What is that deep red Maglite on the top, just under the light blue Mag?:nana: 


Bill


----------



## CroMAGnet (Mar 10, 2006)

Haha!! Thaks guys 

The ultra rare "Orange" light in the top picture is a Mintrois that ModaMag and I made in his garage. It has 3 TWOH Lux3 a PTS heatsink a Fatman driver and it's cut-down running 4AA NiMHs.

The Chrome Jillie is in there :nana:

The beautiful deep red USL deserves a better picture 
Maybe I'll retake it during the daylight.

Oh and the 4 Aleph LE's are as follows;
NG1000 TWOK made by McGizmo
BB400 WX1S made by McGizmo
TWOH Custom FluPIC made by Goldserve
UX1K Custom FluPIC made by Goldserve

:twothumbs

I should make a list of all these modded lights in this thread huh. :naughty:


----------



## Flame (Mar 10, 2006)

CroMAGnet said:


> The Chrome Jillie is in there


 
heh...I saw that one standing up next to the rest of the Jills but it looked different.


----------



## Trashman (Mar 10, 2006)

Sweet collection! Is that a gold bezel ring I see on that HA Q3?


----------



## Mini-Moder (Mar 11, 2006)

I didnt see it before. But is that a purple lipstick (bottom right of last picture)? Man that is cool.


----------



## Ledean (Mar 11, 2006)

That is a great collection.


----------



## CLHC (Mar 16, 2006)

Excellent photos there Tony! :wave:


----------



## CroMAGnet (Mar 16, 2006)

CHC said:


> Excellent phots there Tony! :wave:


Thanks! The WHOLE bottom picture is SOLD!! 

BTW We are setting up a Lunc get toether next Friday.


----------



## CLHC (Mar 16, 2006)

CroMAGnet said:


> We are setting up a Luncheon get together next Friday.


Whoa! I hope to be there if nothing else comes up. Will be looking out for the location and Thanks!


----------



## bodyguardlight (Apr 12, 2006)

That Tigerlight looks really fancy {wish i had one}

Inova X1,X5,XO3,T4,T5,Sf 6P,G2,MagRechargable


----------



## Mini-Moder (Apr 12, 2006)

That sure is a might fine looking Groovy!


----------



## IsaacHayes (Apr 13, 2006)

If you sell that top mag the light shimmer blue one I bet BugLightGeek wants first dibs.
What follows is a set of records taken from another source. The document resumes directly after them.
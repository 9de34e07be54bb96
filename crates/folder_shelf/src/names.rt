//! Names that stay inside the shelf's folder, and names in order.

ghost use Rattle.std.specs.Prelude.{◌≡◌, IsTrue, IfOk};
ghost use Rattle.outer_world.specs.Files.{is_in};
ghost use Rattle.folder_shelf.specs.Names.{AreSortedOf, is_part, joined};

use crate::faults::Fault;
use outer_world::FileName;
use std::alloc::Global;

/// Whether the text leads to one thing right in a folder, and nowhere else.
pub(crate) fn is_part(text: &str) -> bool
    ensures { result ≡ is_part text.now }
{
    !text.is_empty() && text != "." && text != ".." && !text.as_bytes().contains(&b'/')
}

/// The whole name of a file of this folder.
pub(crate) fn whole_name(alloc: Global, folder: &str, last: &str) -> Result<FileName, Fault>
    ensures text { IfOk result (λ name. name ≡ joined folder.now last.now) }
    ensures inside { IfOk result (λ name. IsTrue (is_in folder.now name)) }
{
    if !is_part(last) {
        return Err(Fault::Failed);
    }
    let text = format!(in alloc; "{folder}/{last}")?;
    Ok(FileName::from_vec(text.into_bytes()))
}

/// Puts the names in the order of their bytes, and keeps each once.
pub(crate) fn put_in_order(names: &mut Vec<FileName>)
    ensures { AreSortedOf names.old.items names.new.items }
{
    names.sort_unstable();
    names.dedup();
}
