//! The blocks that are held with their payloads.

ghost use Rattle.std.specs.Prelude.{◌≡◌, ◌+◌, ◌<◌, ◌≤◌, ◌++◌, [], ◌∷◌, length, IfOk, OnOk, OnErr, None, Some, max, set};
ghost use Rattle.std.specs.List.{slice_get};
ghost use Rattle.std.specs.Option.{option_map};

use block_record::Block;
use std::alloc::{AllocError, Global};
use std::marker::Model;
use std::sync::Arc;

/// Blocks by place, each held until it is released. Contracts see them in order of arrival, and for
/// how many more there is room.
#[derive(Drop)]
pub struct HeldBlocks {
    blocks: Vec<Option<Arc<Block>>>,
    room: u32,
}

impl Model for HeldBlocks {
    ghost use Rattle.std.specs.Prelude.{◌≤◌, ◌+◌, vec_len, vec_capacity, map};
    ghost use Rattle.std.specs.Option.{option_map};
    ghost use Rattle.std.specs.Arc.{arc_value};
    ghost use Rattle.fork_db.specs.Held.{Held};

    ghost Value = { Held };

    ghost view = { λ t. record { blocks = map (option_map arc_value) t.blocks.items; room = t.room } };

    ghost invariant = { λ t. vec_len t.blocks + t.room ≤ vec_capacity t.blocks };
}

impl HeldBlocks {
    /// No block.
    pub fn new(alloc: Global) -> HeldBlocks
        ensures blocks { result.blocks ≡ [] }
        ensures room { result.room ≡ 0 }
    {
        HeldBlocks {
            blocks: Vec::new(alloc),
            room: 0,
        }
    }

    /// The block at a place, where it is held.
    pub fn get(&self, at: usize) -> Option<&Arc<Block>>
        requires { at < length self.now.blocks }
        ensures { slice_get self.now.blocks at ≡ Some (option_map (λ b. b.now.value) result) }
    {
        self.blocks[at].as_ref()
    }

    /// A further holder of the block at a place, where it is held.
    pub fn share(&self, at: usize) -> Result<Option<Arc<Block>>, AllocError>
        requires { at < length self.now.blocks }
        ensures { IfOk result
            (λ r. slice_get self.now.blocks at ≡ Some (option_map (λ b. b.value) r)) }
    {
        match self.get(at) {
            Some(block) => {
                let block = block.clone()?;
                Ok(Some(block))
            }
            None => Ok(None),
        }
    }

    /// Makes room for that many more blocks.
    pub fn reserve(&mut self, more: u32) -> Result<(), AllocError>
        ensures blocks { self.new.blocks ≡ self.old.blocks }
        ensures ok { OnOk result (more ≤ self.new.room) }
        ensures room { self.old.room ≤ self.new.room }
        ensures most { self.new.room ≤ max self.old.room more }
        ensures err { OnErr result (self.new.room ≡ self.old.room) }
    {
        if more <= self.room {
            return Ok(());
        }
        self.blocks.reserve(more as usize)?;
        self.room = more;
        Ok(())
    }

    /// Appends a block, which is held where it is given.
    pub fn push(&mut self, block: Option<Arc<Block>>)
        requires room { 0 < self.old.room }
        ensures blocks { self.new.blocks
            ≡ self.old.blocks ++ option_map (λ b. b.value) block ∷ [] }
        ensures room { self.new.room + 1 ≡ self.old.room }
    {
        self.blocks.push_reserved(block);
        self.room -= 1;
    }

    /// Gives up the block at a place.
    pub fn release(&mut self, at: usize)
        requires { at < length self.old.blocks }
        ensures blocks { self.new.blocks ≡ set self.old.blocks at None }
        ensures room { self.new.room ≡ self.old.room }
    {
        self.blocks[at] = None;
    }
}
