//! The head of a history, found without a scan as blocks come.

ghost use Rattle.std.specs.Prelude.{◌≡◌, ◌+◌, ◌-◌, ◌<◌, ◌≤◌, [], ◌∷◌, length, drop, OnOk, OnErr, IfSome, IfNone, ◌⊎◌, Some};
ghost use Rattle.std.specs.List.{All, Contains};
ghost use Rattle.std.specs.List.Sorted.{IsPermutation};
ghost use Rattle.std.specs.BinaryHeap.{heap_items, heap_len, heap_capacity, IsHeap, IsUpperBound};
ghost use Rattle.chain_model.specs.Finality.{final_tip, ClaimsAgree};
ghost use Rattle.chain_model.specs.Steps.{head};
ghost use Rattle.block_tree.specs.Places.{slip_at};
ghost use Rattle.fork_db.specs.declared.heads.Rival.{Rival as RivalOf};
ghost use Rattle.fork_db.specs.Heads.{IsRanked, IsRivalOf, HoldsTipAt, rival_cmp};

use block_tree::BlockTree;
use link_rows::Uncounted;
use std::alloc::{AllocError, Global};
use std::cmp::Reverse;
use std::collections::BinaryHeap;
use std::marker::Model;

/// A block that may become the head. The one with the greatest number comes first, and among
/// equals the oldest.
#[derive(Clone, Copy, PartialEq, Eq, PartialOrd, Ord, Drop)]
pub struct Rival {
    num: u64,
    place: Reverse<usize>,
}

/// The head of a history, and the blocks that may take its place. Contracts see the place of the
/// head, the rivals in any order, and for how many more blocks there is room.
#[derive(Drop)]
pub struct Heads {
    head: usize,
    rivals: BinaryHeap<Rival>,
    room: usize,
}

impl Model for Heads {
    ghost use Rattle.std.specs.Prelude.{◌≤◌, ◌+◌};
    ghost use Rattle.std.specs.BinaryHeap.{heap_items, heap_len, heap_capacity, IsHeap};
    ghost use Rattle.fork_db.specs.Heads.{Ranking, rival_cmp};

    ghost Value = { Ranking };

    ghost view = { λ h. record { head = h.head; rivals = heap_items h.rivals; room = h.room } };

    ghost invariant = { λ h. IsHeap rival_cmp (heap_items h.rivals)
        × (heap_len h.rivals + h.room ≤ heap_capacity h.rivals) };
}

impl Heads {
    /// The head of no block.
    pub fn new(alloc: Global) -> Heads
        ensures ranked { IsRanked [] result.head result.rivals }
        ensures room { result.room ≡ 0 }
    {
        Heads {
            head: 0,
            rivals: BinaryHeap::new(alloc),
            room: 0,
        }
    }

    /// The place of the head, and 0 where there is no block.
    pub fn head(&self) -> usize
        ensures { result ≡ self.now.head }
    {
        self.head
    }

    /// Makes room for that many more blocks.
    pub fn reserve(&mut self, more: u64) -> Result<(), AllocError>
        ensures head { self.new.head ≡ self.old.head }
        ensures rivals { self.new.rivals ≡ self.old.rivals }
        ensures ok { OnOk result (more ≤ self.new.room) }
        ensures room { self.old.room ≤ self.new.room }
        ensures err { OnErr result (self.new.room ≡ self.old.room) }
    {
        let more = more as usize;
        if more > self.room {
            self.rivals.reserve(more)?;
            self.room = more;
        }
        Ok(())
    }

    /// Takes in the newest block of a tree whose final tip is at the place `tip`. It takes no
    /// memory: at most one block joins the rivals.
    pub fn add(&mut self, tree: &BlockTree, tip: usize)
        requires room { 0 < self.old.room }
        requires some { 0 < length tree.now.history }
        requires tip { slip_at tree.now.history tip ≡ final_tip tree.now.history }
        requires agreed { ClaimsAgree tree.now.history }
        requires ranked { IsRanked (drop 1 tree.now.history) self.old.head self.old.rivals }
        ensures ranked { IsRanked tree.now.history self.new.head self.new.rivals }
        ensures head { slip_at tree.now.history self.new.head ≡ head tree.now.history }
        ensures room { self.new.room + 1 ≡ self.old.room }
    {
        let at = tree.len() - 1;
        self.room -= 1;
        if tree.on_path(tip, at, &mut Uncounted) {
            self.head = admit(&mut self.rivals, tree, tip, self.head);
        }
    }
}

/// Takes in the newest block, whose path has the final tip, and gives the place of the head. A head
/// that the tip rules out is dropped, and the best rival takes its place.
fn admit(rivals: &mut BinaryHeap<Rival>, tree: &BlockTree, tip: usize, head: usize) -> usize
    requires order { IsHeap rival_cmp (heap_items rivals.old) }
    requires room { heap_len rivals.old < heap_capacity rivals.old }
    requires some { 0 < length tree.now.history }
    requires tip { slip_at tree.now.history tip ≡ final_tip tree.now.history }
    requires agreed { ClaimsAgree tree.now.history }
    requires holds { HoldsTipAt tree.now.history (length tree.now.history - 1) }
    requires ranked { IsRanked (drop 1 tree.now.history) head (heap_items rivals.old) }
    ensures ranked { IsRanked tree.now.history result (heap_items rivals.new) }
    ensures order { IsHeap rival_cmp (heap_items rivals.new) }
    ensures len { heap_len rivals.new ≤ heap_len rivals.old + 1 }
    ensures capacity { heap_capacity rivals.old ≤ heap_capacity rivals.new }
{
    let at = tree.len() - 1;
    // The head before is on the path of this one, and so it needs no place among the rivals.
    if tree.on_path(head, at, &mut Uncounted) {
        return at;
    }
    let newest = rival_at(tree, at);
    let old = rival_at(tree, head);
    if old.num < newest.num {
        keep(rivals, old);
        return at;
    }
    keep(rivals, newest);
    if tree.on_path(tip, head, &mut Uncounted) {
        return head;
    }
    match take_best(rivals, tree, tip) {
        Some(best) => best.place.0,
        None => at,
    }
}

/// The block at a place as a rival.
fn rival_at(tree: &BlockTree, at: usize) -> Rival
    requires range { at < length tree.now.history }
    ensures own { IsRivalOf tree.now.history result }
    ensures place { result.place.0 ≡ at }
{
    Rival {
        num: tree.slip(at).num,
        place: Reverse(at),
    }
}

/// Adds a rival.
fn keep(rivals: &mut BinaryHeap<Rival>, rival: Rival)
    requires room { heap_len rivals.old < heap_capacity rivals.old }
    requires order { IsHeap rival_cmp (heap_items rivals.old) }
    ensures items { IsPermutation (rival ∷ heap_items rivals.old) (heap_items rivals.new) }
    ensures order { IsHeap rival_cmp (heap_items rivals.new) }
    ensures len { heap_len rivals.new ≡ heap_len rivals.old + 1 }
    ensures capacity { heap_capacity rivals.old ≤ heap_capacity rivals.new }
{
    // It takes no memory: there is room.
    let _ = rivals.push(rival);
}

/// Takes the best of the rivals whose path has the final tip. Those before it are dropped: their
/// paths do not have it, nor any later tip.
fn take_best(rivals: &mut BinaryHeap<Rival>, tree: &BlockTree, tip: usize) -> Option<Rival>
    requires order { IsHeap rival_cmp (heap_items rivals.old) }
    requires own { All (IsRivalOf tree.now.history) (heap_items rivals.old) }
    requires range { tip < length tree.now.history }
    requires tip { slip_at tree.now.history tip ≡ final_tip tree.now.history }
    ensures order { IsHeap rival_cmp (heap_items rivals.new) }
    ensures own { All (IsRivalOf tree.now.history) (heap_items rivals.new) }
    ensures len { heap_len rivals.new ≤ heap_len rivals.old }
    ensures capacity { heap_capacity rivals.new ≡ heap_capacity rivals.old }
    ensures taken { IfSome result (λ r. IsRivalOf tree.now.history r) }
    ensures holds { IfSome result (λ r. HoldsTipAt tree.now.history r.place.0) }
    ensures best { IfSome result (λ r. IsUpperBound rival_cmp r (heap_items rivals.new)) }
    ensures none { IfNone result (heap_items rivals.new ≡ []) }
    ensures others { (r : RivalOf) → Contains (heap_items rivals.old) r
        → HoldsTipAt tree.now.history r.place.0
        → (result ≡ Some r) ⊎ Contains (heap_items rivals.new) r }
{
    while let Some(rival) = rivals.pop() {
        if tree.on_path(tip, rival.place.0, &mut Uncounted) {
            return Some(rival);
        }
    }
    None
}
He had a light like that that got stolen out of his car.


----------



## Rando (Apr 14, 2006)

On the bottom picture, what's the light on the far left? The metallic one with the narrow ribs running the length of the handle? Is that some kind of film over the lens?


----------



## Rando (Apr 17, 2006)

IsaacHayes said:


> If you sell that top mag the light shimmer blue one I bet BugLightGeek wants first dibs. He had a light like that that got stolen out of his car.




Is that a special run or something? I just bought one at W-mart that looks just like it...


----------



## CroMAGnet (Apr 30, 2006)

Rando said:


> On the bottom picture, what's the light on the far left? The metallic one with the narrow ribs running the length of the handle? Is that some kind of film over the lens?


Hi Rando! Just saw your post.

That light is an antique. I think it is a Rayovac moded with a 1w LED. The lens is actually a magnifiying type lens and the emitter is surrounded with glowpower epoxy. nice light but it was a box queen and had to go.


----------



## cmp (Nov 11, 2006)

great collection


----------



## CroMAGnet (Nov 11, 2006)

Thanx fellow canuckster! There are a few changes and I'll be bringing most of this very modest collection (by CPF standards) to the CPF Get-together on the 18th with a few surprises! :naughty:

BTW Welcome to CPF! Hope you stay a while.


----------



## flash_bang (Nov 11, 2006)

what's the blue one at the very top of the first pic? I have one like that, but it's more sky blue with silver tailcap and silver thing on end of bezel. it has "Varebeam mfg by mag instrument Ontario, Cal" is it just an old maglite?
thanks,
flash_bang


----------



## CroMAGnet (Nov 11, 2006)

The Blue one at the very top is about to be turned into a body like the ORANGE one in the same picture on the left BUT it will be a *variable level QUAD Cree XR-E A19 !!! *Hopefully completed in a few days with the help of my friend Modamag. If we survive our CPF nike hike in the wilderness tonight! 

Also the lights in the third picture have all been sold... to one person who sold a few of them elsewhere.

I will add a new picture after the 18th get-together with an update of the collection


----------